It’s upsetting to me when he does this, I feel like I’m doing something wrong. So after a few incidences of this, I decided to come back with my own P/A behavior and sent him a ‘public service announcement’ text that I had bought new fruits and veggies at the farmers market, and they would be located throughout the fridge and please take a look so you know what’s there. As usual…he didn’t take me seriously and went on with his life. 

Quite a few nights later…it was the same thing. 
H:“We have tomatoes??? Why didn’t you tell me!”..
Me: “I made a public service announcement over text about the veggies.” 
H: “What is that? You were serious?” 
Me: “Yes, so you couldn’t say what you’re saying to me right now”. 
H: “That’s a weird thing to do. You should’ve told me we had these” 
Me: “I did…” 
H: “No you didn’t” 
Me: (now getting angry) “I’m the only the woman in the world that has to announce to her husband every single thing that’s in the fridge. Go freakin’ look in the fridge yourself and see what’s there” 
H: “But I didn’t see it…I can’t find anything in this fridge it’s too messy” 
and I then start to get madder until he gives me the ‘you have too much attitude, what’s wrong with you’ look. Now I feel guilty for being mad. And I’m a bad person because I have too much attitude.

So many examples of me reacting to him, and then me feeling guilty for reacting. I feel like I’m standing up for myself, but then I start second-guessing if I was right in my reaction. Every…single….time.

He hides behind his “I’m joking” way of speaking…so that if I do react in a negative way he can say “I’m just joking, what’s your problem?”. 

He likes to criticize me in random ways, and usually out of nowhere. Never in front of others, always by ourselves. I don’t take criticism very well in the first place as I take it right to heart, and the way he dishes it out is usually hurtful to me. I know he takes criticism like a champ, but he doesn’t understand that I cannot be like him. I tell him it hurts my feelings and he pretty much says it shouldn’t. Or he turns it around somehow that I’m insecure and have issues. 

I feel like everything I do is not good enough. I don’t cook enough, clean good enough, show affection good enough, help with the business good enough….. I’ve changed a lot for him, but he’s not changing a thing. 

When I do more around the house I’m all happy thinking he’s going to be happy with all the work I’ve done, he won’t acknowledge it, and so finally when I feel like I need some acknowledgement I come up to him, give him a kiss and say, ‘look baby I did this and that….’ He looks at me and says in his semi-joking tone ‘you’re supposed to do that. See? It’s not so bad….’ This can turn into an argument…depending on how much I feel like defending myself that day. 

He doesn’t listen to me, it’s like he tunes out on most things I say.

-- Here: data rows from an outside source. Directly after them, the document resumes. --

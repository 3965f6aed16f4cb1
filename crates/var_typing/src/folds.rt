//! Variables in attribute places: at most one for each tuple variable.
ghost use Rattle.std.specs.Prelude.{◌≡◌, ◌++◌, [], ◌∷◌, OnOk};
ghost use Rattle.var_typing.specs.Folds.{fold_at, is_other, is_same, has_other, two_folds, SameOthers};
ghost use Rattle.var_typing.specs.Refusals.{IsJudged};

use crate::TypeFault;
use ss_text::{NoMemory, Text};
use view_def::Place;

/// A tuple variable, and the variable in its attribute place, both by the places of their declarations.
#[derive(Clone, Copy)]
pub(crate) struct Fold {
    pub tuple: u32,
    pub variable: u32,
}

impl Fold {
    // Whether the other has another variable for the same tuple variable.
    fn is_other(&self, other: &Fold) -> bool
        ensures { result ≡ is_other self.now other.now }
    {
        other.tuple == self.tuple && other.variable != self.variable
    }

    fn is_same(&self, other: &Fold) -> bool
        ensures { result ≡ is_same self.now other.now }
    {
        other.tuple == self.tuple && other.variable == self.variable
    }
}

/// Takes up the attribute place of the tuple variable `identifier`, which is declared at the place `tuple`.
pub(crate) fn take_fold(
    folds: &mut Vec<Fold>,
    identifier: &Text,
    tuple: u32,
    attribute: &Place,
) -> Result<(), TypeFault>
    ensures answer { IsJudged (two_folds folds.old.items identifier.now (fold_at tuple attribute.now)) result }
    ensures taken { OnOk result
        (SameOthers (folds.old.items ++ fold_at tuple attribute.now) folds.new.items) }
{
    let Place::Var(variable) = attribute else {
        return Ok(());
    };
    let fold = Fold {
        tuple,
        variable: *variable,
    };
    if has_other(folds, &fold) {
        return Err(TypeFault::TwoFolds {
            var: identifier.copy()?,
        });
    }
    keep(folds, fold)?;
    Ok(())
}

fn has_other(folds: &[Fold], fold: &Fold) -> bool
    ensures { result ≡ has_other folds.now fold.now }
{
    folds.iter().any(|other| fold.is_other(other))
}

// Each fold is kept once, so that there are never more than tuple variables.
#[tactic(auto, using(crate::proofs::FoldLemmas::same_others))]
fn keep(folds: &mut Vec<Fold>, fold: Fold) -> Result<(), NoMemory>
    ensures { OnOk result (SameOthers (folds.old.items ++ fold ∷ []) folds.new.items) }
{
    if !folds.iter().any(|kept| fold.is_same(kept)) {
        folds.push(fold)?;
    }
    Ok(())
}
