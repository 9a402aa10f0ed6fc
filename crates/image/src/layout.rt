// The layout of an image, in words: header, records, where the parts begin (REFERENCE 10.1 to 10.4). Counts may be any
// words, so the sums are those of 64 bits.
ghost use Rattle.std.specs.Prelude.{◌≡◌, ◌≤◌};
ghost use Rattle.image.specs.Image.{vertex_size, edge_offset, incidence_offset, image_length, record_size};

use crate::by_size;
use lists::get;

pub const HEADER: usize = 6;
/// A vertex record as it is saved.
pub const VERTEX: usize = 4;
/// A vertex record as older images have it, without a degree.
pub const OLD_VERTEX: usize = 3;

pub const EDGE: usize = 6;

// These three are by_size's for records as they are saved, and as short as a size at each call would be.

/// Where the edge part of what is saved begins, behind v vertices.
pub fn edge_offset(v: u32) -> usize
    ensures { result ≡ edge_offset vertex_size v }
{
    by_size::edge_offset(VERTEX, v as usize)
}

/// Where its lists begin, behind e edges.
pub fn incidence_offset(v: u32, e: u32) -> usize
    ensures { result ≡ incidence_offset vertex_size v e }
{
    by_size::incidence_offset(VERTEX, v as usize, e as usize)
}

/// The words of the whole.
pub fn length(v: u32, e: u32) -> usize
    ensures { result ≡ image_length v e }
{
    by_size::length(VERTEX, v as usize, e as usize)
}

/// The words of a vertex record, by the offset of the edge part.
pub fn record_size(words: &[u32]) -> usize
    ensures { (result ≡ record_size words.now) × (result ≤ 4) }
{
    let v = get(words, 0) as usize;
    let offset = get(words, 3) as usize;
    if offset == by_size::edge_offset(VERTEX, v) {
        return VERTEX;
    }
    if offset == by_size::edge_offset(OLD_VERTEX, v) {
        return OLD_VERTEX;
    }
    VERTEX
}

I have to repeat myself later most of the time. 

He blames me for making him less ‘affectionate’ because I’m not super-affectionate like he was when we first met…so now he’s 
‘used-to not being affectionate…because of you’. 
I’m big on kisses, hugs, cuddles and caresses and lots of ‘I love you'….his definition of affection in the beginning was all that plus fawning all over him at all possible moments..…I’m just not the constant ‘fawner’. 

We spent $25k to start the business that he wanted, and I was fully supportive. Now that I’m asking for $2k to buy a horse so I can ride he pretty much says no without really saying “no”. He finds emotional ways to sabotage my desire, and then I somehow feel guilty for wanting to spend money. 

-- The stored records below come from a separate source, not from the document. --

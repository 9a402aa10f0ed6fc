// Where the parts of an image begin, by the words of a vertex record: saved words and old ones alike.
// A caller has counts that are words, and a size that `record_size` gave. The three functions are public and named
// in pages: a struct would ask callers for more than numbers, which may not change.
ghost use Rattle.std.specs.Prelude.{◌≡◌, ◌+◌, ◌*◌, ◌≤◌, ◌<◌, ◌^◌};
ghost use Rattle.image.specs.Image.{edge_offset, incidence_offset, length_as};

use crate::layout::{EDGE, HEADER};

/// Where the edge part begins behind v vertex records of size words.
pub fn edge_offset(size: usize, v: usize) -> usize
    requires { (size ≤ 4) × (v < 2 ^ 32) }
    ensures { (result ≡ edge_offset size v) × (result ≤ 6 + 4 * v) }
{
    HEADER + size * v
}

/// Where the lists begin, behind e edges.
pub fn incidence_offset(size: usize, v: usize, e: usize) -> usize
    requires { (size ≤ 4) × (v < 2 ^ 32) × (e < 2 ^ 32) }
    ensures { (result ≡ incidence_offset size v e) × (result ≤ 6 + 4 * v + 6 * e) }
{
    edge_offset(size, v) + EDGE * e
}

/// The words of the whole: an edge is in two lists.
pub fn length(size: usize, v: usize, e: usize) -> usize
    requires { (size ≤ 4) × (v < 2 ^ 32) × (e < 2 ^ 32) }
    ensures { (result ≡ length_as size v e) × (result ≤ 6 + 4 * v + 8 * e) }
{
    edge_offset(size, v) + (EDGE + 2) * e
}
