// The image of a graph: its header and its parts in the caller's words. REFERENCE 10.1 to 10.5, 10.7.
#![tactic(auto)]

pub mod layout; // layout.rt: the words of header and records, where the parts begin, and which records words have
pub mod by_size; // by_size.rt: the same places by the words of a vertex record
pub mod by_name; // by_name.rt: the parts by name
pub mod header; // header.rt: whether the header is sound, and which parts there are

ghost use Rattle.std.specs.Prelude.{◌≡◌, ◌<◌, ◌^◌};
ghost use Rattle.image.specs.Image.{part as part_of};
ghost use Rattle.image.specs.Parts.{part_bound, part_start, LiesAt};

use lists::get;

// The header's word `next` behind the number of a part: where the part starts (1) or ends (2). 0 where there is no such
// part: without a sound header, or for another number than 1, 2 or 3.
fn part_bound(words: &[u32], which: u32, next: u32) -> usize
    ensures { (result ≡ part_bound next which words.now) × (result < 2 ^ 32) }
{
    if !header::has_part(words, which) {
        return 0;
    }
    get(words, which as usize + next as usize) as usize
}

// In these two a number tells which part: C asks for any, and `empty_elsewhere` is refused by what they promise of one
// that names none. A caller that knows its part takes it by name.

/// Where a part starts, in words from the first: the header's offset of it, also where the part is empty.
pub fn part_start(words: &[u32], which: u32) -> usize
    ensures { result ≡ part_start which words.now }
{
    part_bound(words, which, 1)
}

/// Part 1, 2 or 3 (vertices, edges, incidences) of words with a sound header, as it lies in these very words;
/// else an empty part at their first.
pub fn part(words: &[u32], which: u32) -> &[u32]
    ensures { (result.now ≡ part_of which words.now)
        × LiesAt (part_start which words.now) words.entry result }
{
    let start = part_bound(words, which, 1);
    let end = part_bound(words, which, 2);
    &words[start..end]
}
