// The header: counts, offsets, total and length.
ghost use Rattle.std.specs.Prelude.{◌≡◌};
ghost use Rattle.image.specs.Image.{sound_header};
ghost use Rattle.image.specs.Parts.{has_part};

use crate::by_size::{edge_offset, incidence_offset, length};
use crate::layout::{HEADER, record_size};
use lists::get;

/// Whether length, offsets and total fit the counts, in records of one size.
#[tactic(auto, unfolding(crate::specs::Image::sound_header))]
pub fn sound(words: &[u32]) -> bool
    ensures { result ≡ sound_header words.now }
{
    let size = record_size(words);
    let v = get(words, 0) as usize;
    let e = get(words, 1) as usize;
    let total = length(size, v, e);
    get(words, 2) as usize == HEADER
        && get(words, 3) as usize == edge_offset(size, v)
        && get(words, 4) as usize == incidence_offset(size, v, e)
        && get(words, 5) as usize == total
        && words.len() == total
}

/// Whether the words have this part: 1, 2 or 3 of a sound header.
#[tactic(auto, unfolding(crate::specs::Parts::has_part))]
pub fn has_part(words: &[u32], which: u32) -> bool
    ensures { result ≡ has_part which words.now }
{
    sound(words) && 1 <= which && which <= 3
}
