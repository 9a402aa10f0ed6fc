// The parts by name.
ghost use Rattle.std.specs.Prelude.{◌≡◌};
ghost use Rattle.image.specs.Image.{part as part_of};
ghost use Rattle.image.specs.Parts.{part_start, LiesAt};
ghost use Rattle.image.specs.Named.{part_number};

use crate::part;

/// A part of an image.
#[derive(Clone, Copy, Debug, PartialEq, Eq)]
pub enum Part {
    Vertices = 1,
    Edges = 2,
    Incidences = 3,
}

impl Part {
    /// The part of words with a sound header, as it lies in these very words; of others it is empty.
    #[inline(always)]
    pub fn within(self, words: &[u32]) -> &[u32]
        ensures { (result.now ≡ part_of (part_number self) words.now)
            × LiesAt (part_start (part_number self) words.now) words.entry result }
    {
        part(words, self as u32)
    }
}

But he "DEFINITELY" needs to get his car re-painted because it looks “like crap” (he just bought it used and it does have some dents/paint damage…but honestly not THAT bad. I’ve had an older car that’s needed a paint job for years now, but we never wanted to invest in that). 

I feel victimized without really knowing how to explain I feel victimized. I hate that word because I love him, but I’m confused. Some days I really feel like I had enough….but then I always come back full circle wondering if maybe I'm really the problem.....


----------



## Prodigal (Feb 5, 2011)

I'd like to make a suggestion to you regarding your post. I understand you need to get all this stuff off your chest, but it would be far easier for others to read if you would break up your thoughts into paragraphs. JMO.


----------



## struggle (May 13, 2013)

Sorry....just fixed it


----------



## LoveAtDaisys (Jul 3, 2013)

The thing about getting people to change (well, things):

1. You can't expect change. You married this man, warts and all; at some point, some part of you has to accept that he'll always have things he does that makes you upset. (I am in no way saying that his behavior is acceptable! But I am saying that it would be unreasonable for you to expect him to make every single little change you want him to make and be perfect)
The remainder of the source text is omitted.